# How do I be a good girlfriend?



## amyloveskitties (Jun 28, 2012)

What are some cute girl-friendy things I can do to and around my bf?


----------



## divadoll (Jun 28, 2012)

??? Why can't you just be yourself?


----------



## Pancua (Jun 28, 2012)

Why are you dating in the first place? Obviously you are doing something right.


----------



## Dragonfly (Jun 29, 2012)

I agree with Divadoll - be yourself.

Besides, some cute things can really grate on a guy


----------



## divadoll (Jun 29, 2012)

I think this may work against you if he feels you are being fake?


----------



## Adrienne (Jun 29, 2012)

Rule Number 1: Learn you don't have to do cute girly things to and around your boyfriend.  Somehow you got a boyfriend without asking for this advice so he obviously likes you for a reason.
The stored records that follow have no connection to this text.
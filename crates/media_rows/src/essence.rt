//! Essence texts: a flow's essence parameters, kept whole.
ghost use Rattle.std.specs.Prelude.{◌≡◌, IfOk};
ghost use Rattle.serde_json.specs.View.{items_view, members_view, view};
ghost use Rattle.serde_json.specs.Written.{has_float, items_have_float, members_have_float};
ghost use Rattle.media_rows.specs.Essence.{is_essence, is_essence_value};

use disk_trait::{Memory, same_bytes};
use serde_json::{Map, Value};
use std::alloc::Global;

/// Whether a text is the compact text of a JSON object (RFC 8259) whose numbers are whole numbers of
/// 64 bits, with the keys of each object in byte order. It is our own rule.
pub fn is_essence(alloc: Global, text: &[u8]) -> Result<bool, Memory>
    ensures { IfOk result (λ yes. yes ≡ is_essence text.now) }
{
    match Value::from_slice(alloc, text) {
        Ok(value) => prints_back(alloc, &value, text),
        Err(error) => {
            if error.is_memory() {
                Err(Memory)
            } else {
                Ok(false)
            }
        }
    }
}

/// Whether a value is an object without a fraction that prints as this text.
fn prints_back(alloc: Global, value: &Value, text: &[u8]) -> Result<bool, Memory>
    ensures { IfOk result (λ yes. yes ≡ is_essence_value text.now (view value.now)) }
{
    if value.as_object().is_none() || holds_float(value) {
        return Ok(false);
    }
    let printed = value.to_string(alloc)?;
    Ok(same_bytes(printed.as_bytes(), text))
}

/// Whether a number within a value is not held as a whole number of 64 bits.
#[cycle(holds_float)]
pub fn holds_float(value: &Value) -> bool
    ensures { result ≡ has_float (view value.now) }
{
    match value {
        Value::Number(number) => number.is_f64(),
        Value::Array(items) => any_float(items),
        Value::Object(members) => any_member_float(members),
        _ => false,
    }
}

#[cycle(holds_float)]
fn any_float(items: &[Value]) -> bool
    ensures { result ≡ items_have_float (items_view items.now) }
{
    for item in items {
        if holds_float(item) {
            return true;
        }
    }
    false
}

#[cycle(holds_float)]
fn any_member_float(members: &Map<String, Value>) -> bool
    ensures { result ≡ members_have_float (members_view members.now.entries) }
{
    for (_, member) in members.iter() {
        if holds_float(member) {
            return true;
        }
    }
    false
}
Just be yourself.


----------



## amyloveskitties (Jun 29, 2012)

Thanks Guys!!!! Its my first BF!!


----------



## divadoll (Jun 30, 2012)

Enjoy your new relationship!


----------



## Tyari (Jul 1, 2012)

It will come naturally. You don't have to try to look cute. He'll see it, in his own way.


----------



## kerialewis (May 24, 2013)

i agree with everyone just be YOU ,look at it this way he already love you the way you are ,and that's all that matters,..just go with the flow and enjoy your new relationship...good luck bby doll!!!!!!!!!1


----------